Try it -
Your answer should be every line of the entries that has the string "happened" in it.

Data -

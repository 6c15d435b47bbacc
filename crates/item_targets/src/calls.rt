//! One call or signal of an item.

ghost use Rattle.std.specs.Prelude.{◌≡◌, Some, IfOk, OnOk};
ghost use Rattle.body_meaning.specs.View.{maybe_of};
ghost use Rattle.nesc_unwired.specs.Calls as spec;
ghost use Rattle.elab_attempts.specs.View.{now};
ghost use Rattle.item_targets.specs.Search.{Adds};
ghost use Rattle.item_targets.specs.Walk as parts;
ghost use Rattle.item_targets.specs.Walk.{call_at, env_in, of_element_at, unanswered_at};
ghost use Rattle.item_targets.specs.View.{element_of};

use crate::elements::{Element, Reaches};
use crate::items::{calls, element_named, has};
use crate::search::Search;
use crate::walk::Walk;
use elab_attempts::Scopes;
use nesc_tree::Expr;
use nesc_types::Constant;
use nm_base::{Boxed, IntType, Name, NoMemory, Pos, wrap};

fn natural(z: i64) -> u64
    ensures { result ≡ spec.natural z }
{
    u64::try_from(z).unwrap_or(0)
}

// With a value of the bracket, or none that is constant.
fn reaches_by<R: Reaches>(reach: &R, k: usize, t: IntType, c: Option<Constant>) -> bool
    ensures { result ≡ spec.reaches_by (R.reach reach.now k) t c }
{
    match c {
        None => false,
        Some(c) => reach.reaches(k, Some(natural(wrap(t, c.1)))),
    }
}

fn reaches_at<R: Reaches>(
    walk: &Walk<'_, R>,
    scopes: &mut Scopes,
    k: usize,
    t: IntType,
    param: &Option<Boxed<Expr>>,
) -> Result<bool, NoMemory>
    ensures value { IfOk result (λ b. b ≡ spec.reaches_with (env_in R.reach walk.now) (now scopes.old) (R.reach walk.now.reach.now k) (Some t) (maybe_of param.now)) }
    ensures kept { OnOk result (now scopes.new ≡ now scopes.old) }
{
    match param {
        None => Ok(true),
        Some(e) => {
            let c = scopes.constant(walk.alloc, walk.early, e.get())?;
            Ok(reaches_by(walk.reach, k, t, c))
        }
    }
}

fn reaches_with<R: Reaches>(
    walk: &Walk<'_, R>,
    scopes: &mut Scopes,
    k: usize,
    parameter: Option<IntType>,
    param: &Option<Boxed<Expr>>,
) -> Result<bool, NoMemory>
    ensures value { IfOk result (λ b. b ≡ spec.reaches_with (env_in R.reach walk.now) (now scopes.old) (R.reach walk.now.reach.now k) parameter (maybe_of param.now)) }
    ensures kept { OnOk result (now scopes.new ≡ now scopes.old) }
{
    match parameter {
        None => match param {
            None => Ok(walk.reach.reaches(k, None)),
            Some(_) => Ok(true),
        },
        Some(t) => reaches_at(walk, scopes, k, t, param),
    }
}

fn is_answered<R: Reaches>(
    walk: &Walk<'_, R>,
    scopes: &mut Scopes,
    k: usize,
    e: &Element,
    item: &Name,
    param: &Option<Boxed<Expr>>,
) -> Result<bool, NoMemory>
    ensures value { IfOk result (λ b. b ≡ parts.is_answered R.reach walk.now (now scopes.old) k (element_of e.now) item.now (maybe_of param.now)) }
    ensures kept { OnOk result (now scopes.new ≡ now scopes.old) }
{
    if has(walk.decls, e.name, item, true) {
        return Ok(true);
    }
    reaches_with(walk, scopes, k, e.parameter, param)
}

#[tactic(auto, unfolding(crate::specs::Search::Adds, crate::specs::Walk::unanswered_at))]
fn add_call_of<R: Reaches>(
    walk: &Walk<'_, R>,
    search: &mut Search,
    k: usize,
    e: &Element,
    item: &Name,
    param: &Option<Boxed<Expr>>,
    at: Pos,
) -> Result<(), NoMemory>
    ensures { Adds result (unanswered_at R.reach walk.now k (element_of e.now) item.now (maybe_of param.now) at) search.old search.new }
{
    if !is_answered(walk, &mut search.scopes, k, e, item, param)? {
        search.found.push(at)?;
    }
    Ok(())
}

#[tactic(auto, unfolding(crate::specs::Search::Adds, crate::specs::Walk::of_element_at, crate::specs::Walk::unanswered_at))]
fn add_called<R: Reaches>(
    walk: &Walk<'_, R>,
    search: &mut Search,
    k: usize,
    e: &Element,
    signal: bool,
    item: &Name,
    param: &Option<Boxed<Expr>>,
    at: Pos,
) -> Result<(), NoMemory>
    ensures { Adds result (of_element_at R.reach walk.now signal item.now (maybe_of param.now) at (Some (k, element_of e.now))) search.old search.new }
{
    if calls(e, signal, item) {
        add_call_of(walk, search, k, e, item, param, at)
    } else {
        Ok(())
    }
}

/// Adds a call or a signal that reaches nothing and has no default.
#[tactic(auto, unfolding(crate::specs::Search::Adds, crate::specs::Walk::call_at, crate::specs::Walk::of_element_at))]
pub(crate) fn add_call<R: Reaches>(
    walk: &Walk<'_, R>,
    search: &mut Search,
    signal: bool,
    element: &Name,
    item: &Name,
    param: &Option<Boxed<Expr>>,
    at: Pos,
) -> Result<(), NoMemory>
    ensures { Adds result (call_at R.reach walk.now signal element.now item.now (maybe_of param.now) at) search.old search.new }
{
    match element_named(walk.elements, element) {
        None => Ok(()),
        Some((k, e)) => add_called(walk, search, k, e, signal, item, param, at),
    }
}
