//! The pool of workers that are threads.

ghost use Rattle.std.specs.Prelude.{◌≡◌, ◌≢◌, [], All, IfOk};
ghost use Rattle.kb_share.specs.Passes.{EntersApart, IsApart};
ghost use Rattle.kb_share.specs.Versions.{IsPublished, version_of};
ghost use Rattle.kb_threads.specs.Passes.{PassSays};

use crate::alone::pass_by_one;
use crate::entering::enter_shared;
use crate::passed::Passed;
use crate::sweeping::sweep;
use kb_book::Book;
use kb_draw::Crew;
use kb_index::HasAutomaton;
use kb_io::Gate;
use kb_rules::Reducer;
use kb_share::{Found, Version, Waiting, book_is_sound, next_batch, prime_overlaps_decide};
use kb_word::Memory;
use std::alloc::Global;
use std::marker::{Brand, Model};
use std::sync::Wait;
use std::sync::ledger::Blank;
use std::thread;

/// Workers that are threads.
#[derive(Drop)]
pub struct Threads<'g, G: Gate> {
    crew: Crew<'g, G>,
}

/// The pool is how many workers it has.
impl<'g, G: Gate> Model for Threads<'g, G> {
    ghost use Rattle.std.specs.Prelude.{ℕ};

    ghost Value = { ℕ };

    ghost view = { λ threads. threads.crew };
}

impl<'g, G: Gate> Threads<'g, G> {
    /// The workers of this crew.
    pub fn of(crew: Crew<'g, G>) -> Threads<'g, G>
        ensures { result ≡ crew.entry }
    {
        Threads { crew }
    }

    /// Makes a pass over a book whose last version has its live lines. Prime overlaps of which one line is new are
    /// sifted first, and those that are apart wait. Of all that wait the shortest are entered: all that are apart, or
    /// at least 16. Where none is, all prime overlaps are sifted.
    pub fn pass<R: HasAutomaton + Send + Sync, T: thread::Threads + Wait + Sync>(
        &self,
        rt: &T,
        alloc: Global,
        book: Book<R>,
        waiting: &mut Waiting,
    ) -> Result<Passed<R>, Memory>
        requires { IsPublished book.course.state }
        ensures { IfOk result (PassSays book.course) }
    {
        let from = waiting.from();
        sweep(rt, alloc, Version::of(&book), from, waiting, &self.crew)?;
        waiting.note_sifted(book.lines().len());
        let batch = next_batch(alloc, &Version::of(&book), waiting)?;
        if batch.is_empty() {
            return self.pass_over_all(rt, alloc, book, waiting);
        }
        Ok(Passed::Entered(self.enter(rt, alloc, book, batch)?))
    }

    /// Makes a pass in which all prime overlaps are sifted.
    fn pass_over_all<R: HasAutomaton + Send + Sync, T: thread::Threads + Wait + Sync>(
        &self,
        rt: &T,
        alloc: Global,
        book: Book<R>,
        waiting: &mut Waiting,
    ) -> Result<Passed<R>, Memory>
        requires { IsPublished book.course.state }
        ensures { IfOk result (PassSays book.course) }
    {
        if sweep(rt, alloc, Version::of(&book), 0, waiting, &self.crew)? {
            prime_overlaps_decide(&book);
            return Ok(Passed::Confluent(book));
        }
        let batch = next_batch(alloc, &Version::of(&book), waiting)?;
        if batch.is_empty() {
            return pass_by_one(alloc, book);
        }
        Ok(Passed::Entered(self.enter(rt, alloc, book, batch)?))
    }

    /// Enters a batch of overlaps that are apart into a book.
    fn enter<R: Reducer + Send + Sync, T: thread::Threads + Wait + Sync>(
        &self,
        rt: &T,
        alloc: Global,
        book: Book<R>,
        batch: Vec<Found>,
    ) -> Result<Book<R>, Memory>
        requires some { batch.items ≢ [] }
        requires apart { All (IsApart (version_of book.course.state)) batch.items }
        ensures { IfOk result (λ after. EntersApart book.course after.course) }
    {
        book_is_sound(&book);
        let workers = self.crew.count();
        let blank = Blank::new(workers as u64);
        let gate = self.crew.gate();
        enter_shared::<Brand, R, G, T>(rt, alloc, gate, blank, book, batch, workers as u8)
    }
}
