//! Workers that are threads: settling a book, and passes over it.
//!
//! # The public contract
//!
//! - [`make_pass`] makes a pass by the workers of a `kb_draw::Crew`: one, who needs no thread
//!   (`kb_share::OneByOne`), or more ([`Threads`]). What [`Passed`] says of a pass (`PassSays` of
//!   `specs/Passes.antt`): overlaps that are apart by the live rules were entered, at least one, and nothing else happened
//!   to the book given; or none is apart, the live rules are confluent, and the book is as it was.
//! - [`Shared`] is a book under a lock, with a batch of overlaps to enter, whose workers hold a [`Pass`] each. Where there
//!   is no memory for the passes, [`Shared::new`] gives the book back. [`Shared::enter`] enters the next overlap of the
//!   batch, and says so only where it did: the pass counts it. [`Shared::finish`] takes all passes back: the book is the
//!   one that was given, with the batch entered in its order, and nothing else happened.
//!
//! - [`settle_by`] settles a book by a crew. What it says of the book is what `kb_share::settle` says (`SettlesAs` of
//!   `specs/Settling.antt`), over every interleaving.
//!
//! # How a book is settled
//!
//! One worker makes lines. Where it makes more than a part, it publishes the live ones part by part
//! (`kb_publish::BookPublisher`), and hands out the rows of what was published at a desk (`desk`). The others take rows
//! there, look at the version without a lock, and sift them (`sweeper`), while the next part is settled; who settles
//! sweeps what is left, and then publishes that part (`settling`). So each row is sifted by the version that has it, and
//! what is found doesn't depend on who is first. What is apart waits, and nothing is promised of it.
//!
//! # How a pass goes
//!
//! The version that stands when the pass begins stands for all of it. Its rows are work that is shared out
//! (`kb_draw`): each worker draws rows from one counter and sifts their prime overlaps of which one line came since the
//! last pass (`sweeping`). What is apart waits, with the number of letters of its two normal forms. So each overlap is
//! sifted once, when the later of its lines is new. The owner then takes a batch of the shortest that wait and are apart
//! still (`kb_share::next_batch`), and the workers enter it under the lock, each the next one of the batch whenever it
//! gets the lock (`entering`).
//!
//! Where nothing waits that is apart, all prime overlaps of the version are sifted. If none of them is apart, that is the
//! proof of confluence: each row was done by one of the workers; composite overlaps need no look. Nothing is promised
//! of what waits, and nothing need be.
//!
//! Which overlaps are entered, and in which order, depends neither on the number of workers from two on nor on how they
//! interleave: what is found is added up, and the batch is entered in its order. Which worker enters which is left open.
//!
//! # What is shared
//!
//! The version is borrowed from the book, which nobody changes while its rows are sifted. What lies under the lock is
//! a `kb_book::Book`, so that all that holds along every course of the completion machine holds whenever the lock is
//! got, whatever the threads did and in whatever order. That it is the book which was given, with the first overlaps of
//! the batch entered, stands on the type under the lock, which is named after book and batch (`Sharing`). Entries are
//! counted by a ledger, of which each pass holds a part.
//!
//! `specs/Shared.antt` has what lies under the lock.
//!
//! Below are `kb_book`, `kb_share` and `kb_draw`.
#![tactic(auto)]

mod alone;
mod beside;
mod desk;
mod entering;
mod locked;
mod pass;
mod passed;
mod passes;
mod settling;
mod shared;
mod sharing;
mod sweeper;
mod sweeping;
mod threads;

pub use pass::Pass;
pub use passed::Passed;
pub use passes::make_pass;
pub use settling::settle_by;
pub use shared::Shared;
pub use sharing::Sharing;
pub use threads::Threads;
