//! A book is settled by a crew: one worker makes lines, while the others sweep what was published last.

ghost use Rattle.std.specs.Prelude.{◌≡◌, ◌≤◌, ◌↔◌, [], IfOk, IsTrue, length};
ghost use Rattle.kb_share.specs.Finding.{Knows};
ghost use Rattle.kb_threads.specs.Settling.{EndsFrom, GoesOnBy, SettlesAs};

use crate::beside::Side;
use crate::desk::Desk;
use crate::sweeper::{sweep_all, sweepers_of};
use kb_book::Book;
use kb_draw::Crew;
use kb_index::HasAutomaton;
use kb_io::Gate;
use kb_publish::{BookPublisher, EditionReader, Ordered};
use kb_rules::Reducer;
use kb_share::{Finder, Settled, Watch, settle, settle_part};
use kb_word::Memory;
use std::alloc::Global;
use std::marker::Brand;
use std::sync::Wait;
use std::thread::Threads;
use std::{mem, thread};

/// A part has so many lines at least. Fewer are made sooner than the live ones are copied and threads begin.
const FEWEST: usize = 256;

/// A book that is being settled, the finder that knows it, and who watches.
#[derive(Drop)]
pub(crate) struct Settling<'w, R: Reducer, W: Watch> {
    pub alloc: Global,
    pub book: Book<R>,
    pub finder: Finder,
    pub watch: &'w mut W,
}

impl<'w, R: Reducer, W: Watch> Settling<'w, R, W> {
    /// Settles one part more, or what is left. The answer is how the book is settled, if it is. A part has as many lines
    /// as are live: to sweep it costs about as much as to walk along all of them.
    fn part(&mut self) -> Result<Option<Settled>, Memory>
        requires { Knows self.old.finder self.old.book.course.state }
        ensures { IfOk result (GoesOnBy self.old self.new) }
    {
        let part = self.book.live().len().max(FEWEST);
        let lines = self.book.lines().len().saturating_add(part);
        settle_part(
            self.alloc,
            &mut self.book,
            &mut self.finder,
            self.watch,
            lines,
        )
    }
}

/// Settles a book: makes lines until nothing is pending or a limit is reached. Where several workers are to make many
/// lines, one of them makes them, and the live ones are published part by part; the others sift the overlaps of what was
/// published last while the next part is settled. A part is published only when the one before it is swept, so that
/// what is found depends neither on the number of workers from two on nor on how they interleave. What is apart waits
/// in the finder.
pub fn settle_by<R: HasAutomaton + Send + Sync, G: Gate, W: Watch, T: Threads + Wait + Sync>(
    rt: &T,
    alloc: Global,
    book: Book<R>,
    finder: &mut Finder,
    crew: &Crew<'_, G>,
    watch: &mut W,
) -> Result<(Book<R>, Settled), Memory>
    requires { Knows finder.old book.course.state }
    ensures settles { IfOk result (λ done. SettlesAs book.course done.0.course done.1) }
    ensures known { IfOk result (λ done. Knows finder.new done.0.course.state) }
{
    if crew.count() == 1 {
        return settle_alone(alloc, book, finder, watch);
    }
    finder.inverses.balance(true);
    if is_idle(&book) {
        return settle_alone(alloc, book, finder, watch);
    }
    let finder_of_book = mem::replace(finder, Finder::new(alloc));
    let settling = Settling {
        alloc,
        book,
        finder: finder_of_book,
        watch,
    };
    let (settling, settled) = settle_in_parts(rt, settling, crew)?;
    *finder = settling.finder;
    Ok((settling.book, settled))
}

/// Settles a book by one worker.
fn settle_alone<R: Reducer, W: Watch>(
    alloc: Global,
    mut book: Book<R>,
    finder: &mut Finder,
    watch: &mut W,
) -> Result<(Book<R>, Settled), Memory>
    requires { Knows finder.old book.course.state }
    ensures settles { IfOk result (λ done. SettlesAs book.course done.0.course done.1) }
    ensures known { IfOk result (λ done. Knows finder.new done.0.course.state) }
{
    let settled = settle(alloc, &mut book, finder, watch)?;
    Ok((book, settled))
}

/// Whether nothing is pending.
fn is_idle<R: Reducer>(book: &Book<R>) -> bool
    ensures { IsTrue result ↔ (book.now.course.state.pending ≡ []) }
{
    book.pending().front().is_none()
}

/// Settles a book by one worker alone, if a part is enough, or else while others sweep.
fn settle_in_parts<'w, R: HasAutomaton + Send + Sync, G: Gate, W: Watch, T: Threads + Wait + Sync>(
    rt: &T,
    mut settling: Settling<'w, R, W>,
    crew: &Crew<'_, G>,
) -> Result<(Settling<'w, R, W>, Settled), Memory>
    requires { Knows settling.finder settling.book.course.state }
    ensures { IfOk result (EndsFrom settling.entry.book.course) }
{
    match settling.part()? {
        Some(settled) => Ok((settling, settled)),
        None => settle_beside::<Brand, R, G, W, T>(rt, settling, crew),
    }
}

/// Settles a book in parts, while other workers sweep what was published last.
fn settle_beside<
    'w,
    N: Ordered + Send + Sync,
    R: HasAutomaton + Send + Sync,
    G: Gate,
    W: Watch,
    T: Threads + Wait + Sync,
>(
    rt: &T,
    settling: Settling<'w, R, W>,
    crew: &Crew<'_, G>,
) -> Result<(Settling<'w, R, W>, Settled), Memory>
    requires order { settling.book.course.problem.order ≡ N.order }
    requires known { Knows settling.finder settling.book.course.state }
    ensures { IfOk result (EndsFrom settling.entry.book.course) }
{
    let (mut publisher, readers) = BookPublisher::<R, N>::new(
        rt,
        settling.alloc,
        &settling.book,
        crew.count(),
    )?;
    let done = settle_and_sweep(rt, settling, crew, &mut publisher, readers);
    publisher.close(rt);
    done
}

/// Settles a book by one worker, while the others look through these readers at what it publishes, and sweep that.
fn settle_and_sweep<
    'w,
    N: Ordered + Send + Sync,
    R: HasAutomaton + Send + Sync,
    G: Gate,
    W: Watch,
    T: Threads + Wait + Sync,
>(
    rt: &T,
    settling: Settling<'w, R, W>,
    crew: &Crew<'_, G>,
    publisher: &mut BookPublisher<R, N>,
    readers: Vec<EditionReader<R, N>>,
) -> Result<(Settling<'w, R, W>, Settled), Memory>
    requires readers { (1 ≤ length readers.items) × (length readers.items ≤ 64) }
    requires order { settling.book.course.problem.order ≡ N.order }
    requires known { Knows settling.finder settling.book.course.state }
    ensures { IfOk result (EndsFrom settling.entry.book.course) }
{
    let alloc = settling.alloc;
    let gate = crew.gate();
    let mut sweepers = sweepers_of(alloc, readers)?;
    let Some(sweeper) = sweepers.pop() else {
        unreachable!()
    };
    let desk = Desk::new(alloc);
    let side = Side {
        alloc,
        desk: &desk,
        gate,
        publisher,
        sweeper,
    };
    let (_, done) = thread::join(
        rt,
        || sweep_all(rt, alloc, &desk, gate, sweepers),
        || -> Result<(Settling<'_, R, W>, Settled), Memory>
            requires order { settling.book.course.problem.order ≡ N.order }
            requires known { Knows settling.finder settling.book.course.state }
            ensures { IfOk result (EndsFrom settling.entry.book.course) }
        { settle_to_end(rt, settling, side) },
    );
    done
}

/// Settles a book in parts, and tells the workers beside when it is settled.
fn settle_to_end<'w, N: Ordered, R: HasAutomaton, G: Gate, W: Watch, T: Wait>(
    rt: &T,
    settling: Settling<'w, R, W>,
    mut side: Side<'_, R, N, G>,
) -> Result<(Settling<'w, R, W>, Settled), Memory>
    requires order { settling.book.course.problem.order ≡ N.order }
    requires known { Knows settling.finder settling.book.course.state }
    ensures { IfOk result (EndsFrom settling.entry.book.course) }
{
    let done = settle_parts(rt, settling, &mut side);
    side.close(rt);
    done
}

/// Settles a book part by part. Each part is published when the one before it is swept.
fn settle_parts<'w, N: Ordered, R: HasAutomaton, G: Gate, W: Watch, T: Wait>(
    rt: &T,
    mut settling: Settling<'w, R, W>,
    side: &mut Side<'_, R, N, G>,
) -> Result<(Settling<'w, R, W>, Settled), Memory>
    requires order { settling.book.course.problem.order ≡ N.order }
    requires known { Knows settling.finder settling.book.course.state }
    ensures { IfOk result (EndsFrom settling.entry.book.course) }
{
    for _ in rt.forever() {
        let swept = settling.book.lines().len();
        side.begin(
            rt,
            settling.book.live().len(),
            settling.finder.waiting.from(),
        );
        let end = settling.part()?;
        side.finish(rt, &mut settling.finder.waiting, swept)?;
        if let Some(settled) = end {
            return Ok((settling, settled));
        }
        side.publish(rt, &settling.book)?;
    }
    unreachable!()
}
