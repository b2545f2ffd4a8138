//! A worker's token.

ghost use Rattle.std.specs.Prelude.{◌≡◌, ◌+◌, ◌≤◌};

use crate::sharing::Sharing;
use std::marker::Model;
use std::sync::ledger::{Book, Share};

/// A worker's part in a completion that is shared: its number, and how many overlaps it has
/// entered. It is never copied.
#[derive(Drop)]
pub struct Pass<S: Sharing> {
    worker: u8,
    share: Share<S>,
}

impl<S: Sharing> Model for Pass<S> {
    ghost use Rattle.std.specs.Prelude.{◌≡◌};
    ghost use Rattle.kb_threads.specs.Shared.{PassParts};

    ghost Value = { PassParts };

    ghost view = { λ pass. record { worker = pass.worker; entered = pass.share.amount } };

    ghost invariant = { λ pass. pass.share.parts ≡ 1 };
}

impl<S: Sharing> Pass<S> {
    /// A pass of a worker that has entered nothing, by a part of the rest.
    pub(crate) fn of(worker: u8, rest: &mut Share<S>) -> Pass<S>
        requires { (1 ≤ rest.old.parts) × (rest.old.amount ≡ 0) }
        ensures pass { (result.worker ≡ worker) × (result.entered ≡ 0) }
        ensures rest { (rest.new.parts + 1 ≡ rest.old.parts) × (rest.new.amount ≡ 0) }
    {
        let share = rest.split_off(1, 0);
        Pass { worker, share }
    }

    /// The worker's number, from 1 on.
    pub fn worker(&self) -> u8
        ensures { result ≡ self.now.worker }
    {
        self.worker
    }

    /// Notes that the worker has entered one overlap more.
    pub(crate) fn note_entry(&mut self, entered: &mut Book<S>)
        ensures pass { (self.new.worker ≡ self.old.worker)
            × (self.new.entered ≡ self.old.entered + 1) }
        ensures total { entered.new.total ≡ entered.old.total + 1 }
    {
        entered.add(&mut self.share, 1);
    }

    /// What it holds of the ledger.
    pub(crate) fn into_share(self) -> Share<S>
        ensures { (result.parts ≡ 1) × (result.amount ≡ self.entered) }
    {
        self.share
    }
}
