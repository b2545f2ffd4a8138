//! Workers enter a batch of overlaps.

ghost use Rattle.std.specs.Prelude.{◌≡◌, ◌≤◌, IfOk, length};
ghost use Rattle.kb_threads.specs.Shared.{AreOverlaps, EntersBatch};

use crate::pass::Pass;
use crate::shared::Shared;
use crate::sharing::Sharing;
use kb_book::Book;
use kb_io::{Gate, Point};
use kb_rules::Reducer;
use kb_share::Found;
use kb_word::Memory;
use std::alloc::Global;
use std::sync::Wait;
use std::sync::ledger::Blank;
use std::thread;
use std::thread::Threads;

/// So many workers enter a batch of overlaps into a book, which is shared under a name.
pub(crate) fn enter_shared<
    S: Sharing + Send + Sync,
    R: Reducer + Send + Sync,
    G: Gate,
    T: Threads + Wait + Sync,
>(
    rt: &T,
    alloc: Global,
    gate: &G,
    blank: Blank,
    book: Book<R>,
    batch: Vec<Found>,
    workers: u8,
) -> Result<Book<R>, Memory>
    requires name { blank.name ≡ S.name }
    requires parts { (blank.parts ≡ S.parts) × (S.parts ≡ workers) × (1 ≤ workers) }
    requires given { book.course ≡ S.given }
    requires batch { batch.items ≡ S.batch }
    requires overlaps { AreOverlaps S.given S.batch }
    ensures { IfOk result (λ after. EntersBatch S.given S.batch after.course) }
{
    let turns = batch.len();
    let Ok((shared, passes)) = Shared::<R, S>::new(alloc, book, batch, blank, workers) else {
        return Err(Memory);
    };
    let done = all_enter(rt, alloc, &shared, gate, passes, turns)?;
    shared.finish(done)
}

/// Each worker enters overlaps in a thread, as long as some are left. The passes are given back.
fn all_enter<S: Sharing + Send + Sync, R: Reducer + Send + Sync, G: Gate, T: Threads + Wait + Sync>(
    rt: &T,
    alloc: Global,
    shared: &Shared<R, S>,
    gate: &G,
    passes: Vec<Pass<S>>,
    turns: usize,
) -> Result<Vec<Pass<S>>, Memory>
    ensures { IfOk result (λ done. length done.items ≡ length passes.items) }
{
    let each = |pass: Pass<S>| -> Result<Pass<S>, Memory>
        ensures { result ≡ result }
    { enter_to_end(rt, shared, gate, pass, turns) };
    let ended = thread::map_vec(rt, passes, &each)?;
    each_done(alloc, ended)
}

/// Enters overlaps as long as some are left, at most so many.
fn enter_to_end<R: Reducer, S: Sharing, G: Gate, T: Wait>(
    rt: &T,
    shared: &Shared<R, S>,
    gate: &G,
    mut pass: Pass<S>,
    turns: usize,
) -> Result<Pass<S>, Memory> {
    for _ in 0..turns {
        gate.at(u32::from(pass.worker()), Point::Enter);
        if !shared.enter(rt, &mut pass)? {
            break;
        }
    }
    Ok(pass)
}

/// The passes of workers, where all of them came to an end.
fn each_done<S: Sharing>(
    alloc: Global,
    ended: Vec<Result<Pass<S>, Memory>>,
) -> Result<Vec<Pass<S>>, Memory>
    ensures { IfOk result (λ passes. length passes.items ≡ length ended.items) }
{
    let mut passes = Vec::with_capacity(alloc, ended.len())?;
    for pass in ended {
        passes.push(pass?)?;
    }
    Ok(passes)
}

Exercise result -
//!   `specs/Passes.antt`): overlaps that are apart by the live rules were entered, at least one, and nothing else happened
//!   one that was given, with the batch entered in its order, and nothing else happened.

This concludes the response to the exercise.